His end game is to secure those networks, deliver better service to customers and help providers devote resources where actual needs are highest.
To accomplish this, Shami is using a database of 450 million data points from July 2019 provided to him by Ericsson, one of the world’s leading telecommunications companies.
“Having access to this data is like a gold mine,” Shami said.
For each anonymized entry – meaning no single customer can be identified – different features are listed such as the number of bytes received, the time to deliver the bytes, the client IP, and a cache hit indicator.
By themselves, the numbers are too vast to grasp. But with researchers’ analyses and translations, the data can identify what is usual customer behaviour versus what a malicious hack looks like. They can also assess the potential threat in all the grey areas of uncertainty in between those two extremes.
Shami’s team at the Optimized Computing and Communications (OC2) lab in Western Engineering is using multiple parallel processing libraries to scour the millions of data points and find patterns for a wide range of features that include frequency, location, type and timing of requests.
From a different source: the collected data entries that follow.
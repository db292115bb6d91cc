//! Keys that a `KeyWriter` writes, one after another.

use crate::cases::{points_and_key, same_bytes, text_of};
use crate::samples::{Check, over_both};
use std::alloc::Global;
use std::test::Fail;
use test_kit::holds;
use uca_key::KeyWriter;
use uca_match::{Collator, Lookup};
use uca_text::TextFault;
use uca_weights::Weighting::{NonIgnorable, Shifted};
use uca_weights::{Depth, Numbers, Settings, Weighting};

/// `ab` and `c` with an acute accent are contractions.
pub const TABLE: &str = "@version 1\n\
    0020 ; [*0209.0020.0002]\n\
    0061 ; [.1C47.0020.0002]\n\
    0062 ; [.1C60.0020.0002]\n\
    0063 ; [.1C7A.0020.0002]\n\
    0064 ; [.1C8F.0020.0002]\n\
    0061 0062 ; [.1C50.0020.0002]\n\
    0063 0301 ; [.1C80.0020.0002]\n\
    0301 ; [.0000.0024.0002]\n";

/// The letter `d` has a class.
pub const DATA: &str = "@data 1\n\
    ccc 0064..0064 220\n\
    ccc 0300..0314 230\n";

/// Code points that read alone, and others: in a contraction, a mark after a letter, and a letter with a class.
const CASES: &str = r" | 0000 0000 | 0000 0000 0000
0061 0063 | 1C47 1C7A 0000 0020 0020 0000 0002 0002 | 1C47 1C7A 0000 0020 0020 0000 0002 0002 0000 FFFF FFFF
0063 0061 0062 0063 | 1C7A 1C50 1C7A 0000 0020 0020 0020 0000 0002 0002 0002 | 1C7A 1C50 1C7A 0000 0020 0020 0020 0000 0002 0002 0002 0000 FFFF FFFF FFFF
0062 0061 | 1C60 1C47 0000 0020 0020 0000 0002 0002 | 1C60 1C47 0000 0020 0020 0000 0002 0002 0000 FFFF FFFF
0061 0301 0063 | 1C47 1C7A 0000 0020 0024 0020 0000 0002 0002 0002 | 1C47 1C7A 0000 0020 0024 0020 0000 0002 0002 0002 0000 FFFF FFFF FFFF
00E1 0063 | 1C47 1C7A 0000 0020 0024 0020 0000 0002 0002 0002 | 1C47 1C7A 0000 0020 0024 0020 0000 0002 0002 0002 0000 FFFF FFFF FFFF
0020 0301 0063 | 0209 1C7A 0000 0020 0024 0020 0000 0002 0002 0002 | 1C7A 0000 0020 0000 0002 0000 0209 FFFF
0063 0064 0301 | 1C80 1C8F 0000 0020 0020 0000 0002 0002 | 1C80 1C8F 0000 0020 0020 0000 0002 0002 0000 FFFF FFFF
AC00 0061 | FBC0 9100 FBC0 9161 1C47 0000 0020 0020 0020 0000 0002 0002 0002 | FBC0 9100 FBC0 9161 1C47 0000 0020 0020 0020 0000 0002 0002 0002 0000 FFFF FFFF FFFF FFFF FFFF
0061 0063 | 1C47 1C7A 0000 0020 0020 0000 0002 0002 | 1C47 1C7A 0000 0020 0020 0000 0002 0002 0000 FFFF FFFF";

fn check_case<L: Lookup>(
    alloc: Global,
    writer: &mut KeyWriter<L>,
    weighting: Weighting,
    case: &str,
) -> Result<(), Fail> {
    let (points, wanted) = points_and_key(weighting, case)?;
    let text = text_of(alloc, points)?;
    writer.write(&text)?;
    same_bytes(alloc, writer.bytes(), wanted, case)
}

fn check_cases<L: Lookup>(
    alloc: Global,
    writer: &mut KeyWriter<L>,
    weighting: Weighting,
) -> Result<(), Fail> {
    for case in CASES.lines() {
        check_case(alloc, writer, weighting, case)?;
    }
    Ok(())
}

fn check_weighting<L: Lookup>(
    alloc: Global,
    collator: &Collator<L>,
    weighting: Weighting,
) -> Result<(), Fail> {
    let settings = Settings {
        weighting,
        depth: Depth::Weights,
        numbers: Numbers::AsText,
    };
    let mut writer = KeyWriter::new(alloc, alloc, *collator, settings);
    let checked = check_cases(alloc, &mut writer, weighting);
    drop(writer);
    checked
}

/// Cases of texts and their keys under each weighting.
struct Cases;

impl Check for Cases {
    fn check<L: Lookup>(&self, alloc: Global, collator: &Collator<L>) -> Result<(), Fail> {
        check_weighting(alloc, collator, NonIgnorable)?;
        check_weighting(alloc, collator, Shifted)
    }
}

#[test]
fn keys_one_after_another(rt: HostRuntime) -> Result<(), Fail> {
    over_both(rt.alloc(), TABLE, DATA, &Cases)
}

/// Two letters and 65 accents.
fn long_run(alloc: Global) -> Result<String, Fail> {
    let mut text = String::from_str(alloc, "aa")?;
    for _ in 0..65 {
        text.push('\u{301}')?;
    }
    Ok(text)
}

/// A text with a run of marks that is too long is rejected, and the next text is written.
struct LongRun;

fn check_long_run<L: Lookup>(alloc: Global, writer: &mut KeyWriter<L>) -> Result<(), Fail> {
    let text = long_run(alloc)?;
    holds(
        writer.write(&text) == Err(TextFault::LongRun(2)),
        "a run of 65 marks",
    )?;
    check_case(
        alloc,
        writer,
        NonIgnorable,
        "0061 | 1C47 0000 0020 0000 0002 | ",
    )
}

impl Check for LongRun {
    fn check<L: Lookup>(&self, alloc: Global, collator: &Collator<L>) -> Result<(), Fail> {
        let settings = Settings {
            weighting: NonIgnorable,
            depth: Depth::Weights,
            numbers: Numbers::AsText,
        };
        let mut writer = KeyWriter::new(alloc, alloc, *collator, settings);
        let checked = check_long_run(alloc, &mut writer);
        drop(writer);
        checked
    }
}

#[test]
fn a_long_run_is_rejected(rt: HostRuntime) -> Result<(), Fail> {
    over_both(rt.alloc(), TABLE, DATA, &LongRun)
}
“The goal is to understand better those attackers and attack events so we can identify patterns,” he said.
The next step, then, is to explore and design security frameworks to prevent network attacks and anomalous behaviours. It’s a tricky task that requires machine-based and software-based learning – artificial intelligence that knows when and how to ‘read’ changing circumstances – plus human assessment of risk.
In the case of our fictitious British Columbia town, for example, it’s possible there’s nothing nefarious at all taking place. Maybe these particularly sociable residents have managed to organize scores of community-wide viewing parties, timed to start with the movie’s official release at noon in Berlin, Germany.
Alternatively, maybe it’s an attempt by hackers to detect a weakness in the system and exploit it.
So why does it make a difference? In four words: capacity, cost, security and service.
Data traffic and Internet usage have grown exponentially – with higher demand for fast and high-definition content than ever before. “This is illustrated by the projection that Internet video traffic will constitute 82 per cent of the Internet traffic by 2020, with CDN traffic delivering nearly two-thirds of the total Internet video traffic.”
The demand also necessitates larger and more complex CDNs, with greater range and capacity and more interaction with different devices and protocols.
Along with a growth in the volume of content has been an increase in the number of attackers looking to exploit and overload the system, or worse. Cybercrimes cost companies hundreds of millions of dollars a year, so having efficient, reliable, scalable, highly distributed, and secure CDN networks has become a must to meet the increased demand for content delivery.
For customers, these CDNs are a vital (even if invisible) intermediary that ensure quality service closer to home.
If a CDN is compromised, streaming video or downloading data can be like trying to jam marbles through an hourglass.
The data set Shami and his team of two graduate students are working on is static, but their job is also to generate dynamic computer models that learn over time.
“The goal is to improve on the rule-based model,” he said. “It needs to be flexible enough to provide recommendations and outcomes.”
They’re working on an algorithm that will assign percentage scores to anomalous events – to predict whether outliers represent attempted hacks or, instead, are more likely to be mass online social events. Think Marshmello’s virtual concert on Fortnite that attracted 10 million gamers last February.
Shami’s broader research includes other industry partners, including conducting data analyses in digital manufacturing and customizing cybersecurity in large networks, to cite just two examples.
All told, Shami has 14 members on his OC2 lab working on related problems. Many of them are working with corporate and institutional companies looking for answers to similar problems.
The work has advantages well beyond their considerable benefit to industry, he said. It means graduate and post-doctoral students “are being trained on meaningful problems and finding solutions” that will help them in their post-university lives.